Are we really afraid to fail?

Are we afraid to give our brain another piece of evidence of why we’re not good enough?

Or are we afraid of what ‘people will think’ if we don’t live up to our own expectations of what success looks like?

I’d argue that we’re not afraid of failing, but rather the feelings we’ll have as a result of having a ‘lack of success’.

The shame.

As much as we can look back at our past failures and realize that we learned from that experience (and the sting of how crushing the experience was becomes less with time), how do we re-frame the failure simply as feedback when we’re in the moment? How do we talk ourselves off the ledge and not feel such intense shameful feelings?

Normalize It

As I said above, not hitting it out of the park on the first, second or even third time is entirely normal. And it’s totally normal to feel disappointment that all of the work that you put into your project didn’t pan out like you had hoped.
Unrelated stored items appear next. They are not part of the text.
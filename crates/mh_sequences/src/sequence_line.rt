//! A line of the file of sequences (mh-sequence(5)).

ghost use Rattle.std.specs.Prelude.{◌≡◌, ◌++◌, [], IfOk, OnOk, option_map};
ghost use Rattle.mh_sequences.specs.SequenceLine as spec;

use crate::range::{Range, Ranges, any_holds, append_text, copied, in_order, with_range, without};
use mail_base::{Bytes, NoMemory, is_blank, split_once};
use std::alloc::Global;

/// A line, without its line end.
#[derive(Drop)]
pub enum SequenceLine {
    /// The name of a sequence, and its numbers as ranges in rising order.
    Named(Bytes, Ranges),
    /// Any other line.
    Kept(Bytes),
}

fn has_blank(name: &[u8]) -> bool
    ensures { result ≡ spec.has_blank name.now }
{
    let mut left = name;
    while let [first, rest @ ..] = left {
        if is_blank(*first) {
            return true;
        }
        left = rest;
    }
    false
}

fn is_name(name: &[u8]) -> bool
    ensures { result ≡ spec.is_name name.now }
{
    !name.is_empty() && !has_blank(name)
}

// Adds the range of a word, if it is not empty; whether it is well-formed.
fn push_word(ranges: &mut Vec<Range>, word: &[u8]) -> Result<bool, NoMemory>
    ensures { IfOk result (spec.PushesWord ranges.old.items word.now ranges.new.items) }
{
    if word.is_empty() {
        return Ok(true);
    }
    match Range::read(word) {
        Some(range) => {
            ranges.push(range)?;
            Ok(true)
        }
        None => Ok(false),
    }
}

// The ranges as they are written, if they are well-formed.
fn read_ranges(alloc: Global, text: &[u8]) -> Result<Option<Vec<Range>>, NoMemory>
    ensures { IfOk result
        (λ o. option_map (λ r. r.items) o ≡ spec.ranges_from [] [] text.now) }
{
    let mut ranges = Vec::new(alloc);
    let mut word = Bytes::new(alloc);
    let mut left = text;
    while let [first, rest @ ..] = left {
        if is_blank(*first) {
            if !push_word(&mut ranges, word.as_slice())? {
                return Ok(None);
            }
            word = Bytes::new(alloc);
        } else {
            word.push(*first)?;
        }
        left = rest;
    }
    if push_word(&mut ranges, word.as_slice())? {
        Ok(Some(ranges))
    } else {
        Ok(None)
    }
}

// The sequence that a line tells.
fn read_named(alloc: Global, line: &[u8]) -> Result<Option<SequenceLine>, NoMemory>
    ensures { IfOk result (λ o. option_map spec.plain_line o ≡ spec.named_line line.now) }
{
    let Some((name, text)) = split_once(b':', line) else {
        return Ok(None);
    };
    if !is_name(name) {
        return Ok(None);
    }
    match read_ranges(alloc, text)? {
        Some(ranges) => Ok(Some(SequenceLine::Named(
            Bytes::copy_of(alloc, name)?,
            in_order(alloc, ranges)?,
        ))),
        None => Ok(None),
    }
}

impl SequenceLine {
    /// A line of the file, without its line end.
    pub fn read(alloc: Global, line: &[u8]) -> Result<SequenceLine, NoMemory>
        ensures { IfOk result (λ l. spec.plain_line l ≡ spec.line_of line.now) }
    {
        match read_named(alloc, line)? {
            Some(named) => Ok(named),
            None => Ok(SequenceLine::Kept(Bytes::copy_of(alloc, line)?)),
        }
    }

    /// A sequence without numbers.
    pub fn empty(alloc: Global, name: &[u8]) -> Result<SequenceLine, NoMemory>
        ensures { IfOk result (λ l. spec.plain_line l ≡ spec.empty_line name.now) }
    {
        Ok(SequenceLine::Named(Bytes::copy_of(alloc, name)?, Ranges::new(alloc)))
    }

    pub fn has_name(&self, name: &[u8]) -> bool
        ensures { result ≡ spec.has_name name.now (spec.plain_line self.now) }
    {
        match self {
            SequenceLine::Named(own, _) => own.as_slice() == name,
            SequenceLine::Kept(_) => false,
        }
    }

    /// Whether it is a sequence of this name that holds the number.
    pub fn holds(&self, name: &[u8], number: u32) -> bool
        ensures { result ≡ spec.line_holds name.now number (spec.plain_line self.now) }
    {
        match self {
            SequenceLine::Named(own, ranges) => {
                own.as_slice() == name && any_holds(ranges.as_slice(), number)
            }
            SequenceLine::Kept(_) => false,
        }
    }

    /// The ranges of a sequence of this name.
    pub fn ranges_of(&self, name: &[u8]) -> &[Range]
        ensures { result.now ≡ spec.ranges_named name.now (spec.plain_line self.now) }
    {
        match self {
            SequenceLine::Named(own, ranges) if own.as_slice() == name => ranges.as_slice(),
            _ => &[],
        }
    }

    pub fn copy(&self, alloc: Global) -> Result<SequenceLine, NoMemory>
        ensures { IfOk result (λ l. spec.plain_line l ≡ spec.plain_line self.now) }
    {
        match self {
            SequenceLine::Named(name, ranges) => Ok(SequenceLine::Named(
                Bytes::copy_of(alloc, name.as_slice())?,
                copied(alloc, ranges.as_slice())?,
            )),
            SequenceLine::Kept(line) => {
                Ok(SequenceLine::Kept(Bytes::copy_of(alloc, line.as_slice())?))
            }
        }
    }

    /// The line with one more number; a line that is no sequence as it is.
    pub fn with_number(&self, alloc: Global, number: u32) -> Result<SequenceLine, NoMemory>
        ensures { IfOk result
            (λ l. spec.plain_line l ≡ spec.with_number number (spec.plain_line self.now)) }
    {
        match self {
            SequenceLine::Named(name, ranges) => Ok(SequenceLine::Named(
                Bytes::copy_of(alloc, name.as_slice())?,
                with_range(alloc, ranges.as_slice(), Range::one(number))?,
            )),
            SequenceLine::Kept(_) => self.copy(alloc),
        }
    }

    /// The line without a number.
    pub fn without(&self, alloc: Global, number: u32) -> Result<SequenceLine, NoMemory>
        ensures { IfOk result
            (λ l. spec.plain_line l ≡ spec.without_number number (spec.plain_line self.now)) }
    {
        match self {
            SequenceLine::Named(name, ranges) => Ok(SequenceLine::Named(
                Bytes::copy_of(alloc, name.as_slice())?,
                without(alloc, ranges.as_slice(), number)?,
            )),
            SequenceLine::Kept(_) => self.copy(alloc),
        }
    }

    /// Adds the line with its line end, if it is not a sequence without numbers.
    pub fn append_to(&self, alloc: Global, text: &mut Bytes) -> Result<(), NoMemory>
        ensures { OnOk result (text.new.items
            ≡ text.old.items ++ spec.line_text (spec.plain_line self.now)) }
    {
        match self {
            SequenceLine::Named(name, ranges) => {
                append_named(alloc, text, name.as_slice(), ranges.as_slice())
            }
            SequenceLine::Kept(line) => {
                text.append(line.as_slice())?;
                text.push(b'\n')
            }
        }
    }
}

fn append_named(
    alloc: Global,
    text: &mut Bytes,
    name: &[u8],
    ranges: &[Range],
) -> Result<(), NoMemory>
    ensures { OnOk result (text.new.items
        ≡ text.old.items ++ spec.named_text name.now ranges.now) }
{
    if ranges.is_empty() {
        return Ok(());
    }
    text.append(name)?;
    text.push(b':')?;
    append_ranges(alloc, text, ranges)?;
    text.push(b'\n')
}

fn append_ranges(alloc: Global, text: &mut Bytes, ranges: &[Range]) -> Result<(), NoMemory>
    ensures { OnOk result (text.new.items ≡ text.old.items ++ spec.ranges_text ranges.now) }
{
    let mut left = ranges;
    while let [range, rest @ ..] = left {
        append_text(alloc, text, *range)?;
        left = rest;
    }
    Ok(())
}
Its natural to want to crawl under the covers and never come out again. But you can’t do that.

Neutralize It

The next step is to talk about it. But here’s the thing. You don’t want to complain – because that doesn’t serve anyone, and no one wants to hear you bemoan how life isn’t fair.
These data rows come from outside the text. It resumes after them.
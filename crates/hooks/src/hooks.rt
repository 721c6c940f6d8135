//! All hooks of a muttrc.

ghost use Rattle.std.specs.Prelude.{◌≡◌, ◌++◌, map, OnOk};
ghost use Rattle.hooks.specs.Fields.{plain_folder_hook};
ghost use Rattle.hooks.specs.Hooks as spec;
ghost use Rattle.hooks.specs.Hooks.{plain_command};

use crate::command::{HookCommand, HookCommands, PatternHook, PatternHooks};
use mail_base::{Bytes, NoMemory};
use people::Expr;
use std::alloc::Global;
use std::marker::Model;

// A command for the folders in whose paths the expression is found, or for the others.
#[derive(Drop)]
struct FolderHook {
    negated: bool,
    expr: Expr,
    command: HookCommand,
}

/// The hooks that muttrc gives for folders, for messages that are shown, and for those that are
/// saved (Mutt's manual, "folder-hook", "message-hook", "save-hook").
#[derive(Drop)]
pub struct Hooks {
    folders: Vec<FolderHook>,
    messages: PatternHooks,
    saves: PatternHooks,
}

impl Model for Hooks {
    ghost use Rattle.std.specs.Prelude.{map};
    ghost use Rattle.hooks.specs.Fields.{plain_folder_hook};
    ghost use Rattle.hooks.specs.Hooks.{PlainHooks, plain_pattern_hook};

    ghost Value = { PlainHooks };

    ghost view = { λ h. record {
      folders = map plain_folder_hook h.folders.items;
      messages = map plain_pattern_hook h.messages.items;
      saves = map plain_pattern_hook h.saves.items;
    } };
}

impl FolderHook {
    ghost use Rattle.std.specs.Prelude.{◌≡◌, IfOk};
    ghost use Rattle.hooks.specs.Fields.{plain_folder_hook};
    ghost use Rattle.hooks.specs.Hooks as spec;

    // Whether it counts for the folder at a path.
    fn counts(&self, path: &[u8]) -> Result<bool, NoMemory>
        ensures { IfOk result
            (λ counts. counts ≡ spec.counts path.now (plain_folder_hook self.now)) }
    {
        let found = self.expr.search(path)?;
        Ok(found != self.negated)
    }
}

// Adds the commands that count for a folder.
fn add_commands(
    alloc: Global,
    commands: &mut HookCommands,
    hooks: &[FolderHook],
    path: &[u8],
) -> Result<(), NoMemory>
    ensures { OnOk result (map plain_command commands.new.items
        ≡ map plain_command commands.old.items
        ++ spec.commands_for path.now (map plain_folder_hook hooks.now)) }
{
    let mut left = hooks;
    while let [first, rest @ ..] = left {
        if first.counts(path)? {
            commands.push(first.command.copied(alloc)?)?;
        }
        left = rest;
    }
    Ok(())
}

impl Hooks {
    ghost use Rattle.std.specs.Prelude.{◌≡◌, map, IfOk, OnOk, OnErr};
    ghost use Rattle.hooks.specs.Hooks as spec;
    ghost use Rattle.hooks.specs.Hooks.{plain_command, plain_pattern_hook};

    /// No hooks.
    pub fn new(alloc: Global) -> Hooks
        ensures { result ≡ spec.no_hooks }
    {
        Hooks {
            folders: Vec::new(alloc),
            messages: PatternHooks::new(alloc),
            saves: PatternHooks::new(alloc),
        }
    }

    /// Adds a command for the folders in whose paths the expression is found, or where `negated`
    /// for those in whose paths it is not.
    pub fn add_folder(
        &mut self,
        negated: bool,
        expr: Expr,
        command: HookCommand,
    ) -> Result<(), NoMemory>
        ensures ok { OnOk result (self.new
            ≡ spec.with_folder (spec.folder_hook negated expr (plain_command command)) self.old) }
        ensures err { OnErr result (self.new ≡ self.old) }
    {
        self.folders.push(FolderHook {
            negated,
            expr,
            command,
        })?;
        Ok(())
    }

    /// Adds a command for messages that are shown. The pattern is not looked at.
    pub fn add_message(
        &mut self,
        negated: bool,
        pattern: Bytes,
        command: Bytes,
    ) -> Result<(), NoMemory>
        ensures ok { OnOk result (self.new ≡ spec.with_message
            (spec.pattern_hook negated pattern.items command.items) self.old) }
        ensures err { OnErr result (self.new ≡ self.old) }
    {
        self.messages.push(PatternHook {
            negated,
            pattern,
            command,
        })
    }

    /// Adds a mailbox for messages that are saved. The pattern is not looked at.
    pub fn add_save(
        &mut self,
        negated: bool,
        pattern: Bytes,
        mailbox: Bytes,
    ) -> Result<(), NoMemory>
        ensures ok { OnOk result (self.new ≡ spec.with_save
            (spec.pattern_hook negated pattern.items mailbox.items) self.old) }
        ensures err { OnErr result (self.new ≡ self.old) }
    {
        self.saves.push(PatternHook {
            negated,
            pattern,
            command: mailbox,
        })
    }

    /// Copies of the commands that count for the folder at a path, in the order in which they were
    /// added.
    pub fn for_folder(&mut self, alloc: Global, path: &[u8]) -> Result<HookCommands, NoMemory>
        ensures commands { IfOk result (λ commands. map plain_command commands.items
            ≡ spec.commands_for path.now self.old.folders) }
        ensures same { self.new ≡ self.old }
    {
        let mut commands = HookCommands::new(alloc);
        add_commands(alloc, &mut commands, self.folders.as_slice(), path)?;
        Ok(commands)
    }

    /// The hooks for messages that are shown, in the order in which they were added.
    pub fn message_hooks(&self) -> &PatternHooks
        ensures { map plain_pattern_hook result.now.items ≡ self.now.messages }
    {
        &self.messages
    }

    /// The hooks for messages that are saved, in the order in which they were added.
    pub fn save_hooks(&self) -> &PatternHooks
        ensures { map plain_pattern_hook result.now.items ≡ self.now.saves }
    {
        &self.saves
    }
}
Acknowledge what happened, and see if you can understand even 1 part that you played in the lack of success.

Side note: Women like to give each other excuses as to why we’re the victim. Don’t fall prey to that. It’s dis-empowering. When we take responsibility for the things as they are in our lives (and be aware than I’m not talking about fault, but responsibility; two different things), it can be scary, but we become empowered, because we realize that we are in complete control. Sure – things can happen to us that aren’t our fault, but it is within our power to respond and then take responsibility for the situation and our actions going forward.

When we can objectively look at the situation, and be able to see what happened, and then take some responsibility for it (this is totally hard to do!), then we can really learn.

Do Just One Thing

Don’t use this experience as proof to give up on your goal. One failed attempt isn’t the signal from the universe to throw in the towel – that you’re not destined for what it is that you want.

Because everything is achievable. And you are destined to succeed if you keep trying.

The fact that someone else has done what you want to do is proof that it is doable.

So, dust yourself off, and identify 1 thing that you can do today to get you closer to your goal.

And then do it.

That’s it.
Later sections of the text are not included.